PHOENIX — The state is ready for Tuesday’s presidential preference election, said Arizona Secretary of State Michele Reagan and Maricopa County Recorder Helen Purcell. But if Reagan had her way, this election wouldn’t be the state’s responsibility.
There have been nearly 1 million early votes statewide, Reagan said.
Of the early votes in Maricopa County, 271,801 have been Republican, 192,004 have been Democrat and 261 have been Green Party, according to Maricopa County Communications Manager Elizabeth Bartholomew.
Voters in Maricopa County will be able to vote in any of the 60 polling places from 6 a.m. to 7 p.m.
“With the excitement and the interest that we have seen in this election, I am anticipating that we will have in Maricopa between 60 and 65 percent turnout, and that includes those people going to those polls,” Purcell said.
Voters who have not already mailed their ballot must drop it off at one of the polling places, Reagan said.
“If you still have your early ballot in hand, please do not put it in the mail today. It will not make it in time for tomorrow for it to be counted,” Reagan said.
Purcell said they have been preparing for the election for nearly a year, and have made changes to accommodate the projected turnout.
“Since we’re anticipating bigger groups at the polling places, that means more people,” Purcell said. “We’ve had to hire poll workers, we’ve had to hire people to process the ballots that you’re seeing in there.”
There will also be 20 “troubleshooters” working among the 60 Maricopa County polling places and five sheriff’s deputies available if there are any security issues, Purcell said.
The presidential preference election Tuesday will cost just short of $10 million, Reagan said, adding that taxpayers paying this cost is the reason she supports House Bill 2567.
A voter needs to be registered with the Democratic, Green or Republican parties to take part in the presidential preference election. Independent voters are the state’s largest block, according to latest numbers from Reagan’s office.

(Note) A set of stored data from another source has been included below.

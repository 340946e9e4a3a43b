//! Compares the edges of a state with the moves of its closure.
ghost use Rattle.std.specs.Prelude.{◌≡◌, ◌<◌, ◌≤◌, ◌↔◌, length, IsTrue, IfOk};
ghost use Rattle.std.specs.List.{AllZip};
ghost use Rattle.mh_validate.specs.code.MatchedEdges.{MatchesMove, IsRowOf, edges_on as edges_of_moves};

use mh_grammar::{Edge, Grammar, Memory, Sequence, symbol_name};
use mh_items::Move;
use mh_items_kernels::Kernel;
use mh_tabfile_form::RawEdge;
use mh_validate_valid::{is_kernel_within, is_named};
use std::alloc::Global;

fn leads<const W: usize>(
    grammar: &Grammar,
    kernels: &[Kernel<W>],
    found: &Move<W>,
    raw: &RawEdge,
) -> bool
    requires few { W ≤ 8 }
    ensures { IsTrue result ↔ MatchesMove grammar.now kernels.now found.now raw.now }
{
    if !is_named(&raw.symbol, symbol_name(grammar, found.symbol)) {
        return false;
    }
    if raw.target as usize >= kernels.len() {
        return false;
    }
    is_kernel_within(&found.kernel, &kernels[raw.target as usize])
}

/// Returns true if the edges match the moves, one by one: their symbols are equal, and the targets hold the moved
/// items.
fn all_lead<const W: usize>(
    grammar: &Grammar,
    kernels: &[Kernel<W>],
    moves: &[Move<W>],
    raws: &[RawEdge],
) -> bool
    requires few { W ≤ 8 }
    ensures { IsTrue result ↔ AllZip (MatchesMove grammar.now kernels.now) moves.now raws.now }
{
    if moves.len() != raws.len() {
        return false;
    }
    for at in 0..moves.len() {
        if !leads(grammar, kernels, &moves[at], &raws[at]) {
            return false;
        }
    }
    true
}

/// The edges with the symbols of the moves and the targets of the file's edges.
fn edges_on<const W: usize>(
    alloc: Global,
    moves: &[Move<W>],
    raws: &[RawEdge],
) -> Result<Sequence<Edge>, Memory>
    requires few { W ≤ 8 }
    requires count { length moves.now ≡ length raws.now }
    ensures { IfOk result (λ row. row ≡ edges_of_moves moves.now raws.now) }
{
    let mut row = Vec::with_capacity(alloc, raws.len())?;
    for at in 0..moves.len() {
        row.push(Edge {
            symbol: moves[at].symbol,
            target: raws[at].target,
        })?;
    }
    Ok(Sequence::from_vec(row))
}

/// The edges of a state if the file's edges match the moves, else none.
pub(crate) fn row_of<const W: usize>(
    alloc: Global,
    grammar: &Grammar,
    kernels: &[Kernel<W>],
    moves: &[Move<W>],
    raws: &[RawEdge],
) -> Result<Option<Sequence<Edge>>, Memory>
    requires few { W ≤ 8 }
    ensures { IfOk result (IsRowOf grammar.now kernels.now moves.now raws.now) }
{
    if !all_lead(grammar, kernels, moves, raws) {
        return Ok(None);
    }
    let row = edges_on(alloc, moves, raws)?;
    Ok(Some(row))
}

“If you’re not going to allow one third of the participants from actually participating in it, then why are they forced to pay for it. That’s the only argument that I’m making by running the bill that I’m running at the legislature,” Reagan said. “That and I need six million more dollars to give to the counties because, to put it in perspective, it costs $10 million, just short of $10 million, to run the statewide election tomorrow, and my entire election budget at the Secretary of State’s office is $2.1 million.”
The bill, which has passed the House and has been sent to the Senate, would eliminate the presidential preference election and leave the future of choosing the nominee to the political parties.
In a February press release Reagan said, “By returning control of national convention delegate section to the parties we are empowering them to decide for themselves the best way forward. Parties might conduct an internet election, a mail ballot open to all Arizonans or adopt an Iowa-style caucus. The (election) is about parties doing party business and they should do what they think is best for their members.”
The legislation would also cover some costs of the 2016 presidential preference election, Reagan said.
“I’m not advocating for a caucus system. I’m advocating for the taxpayers to not have to pony up 10 million bucks when everyone can’t participate,” Reagan said.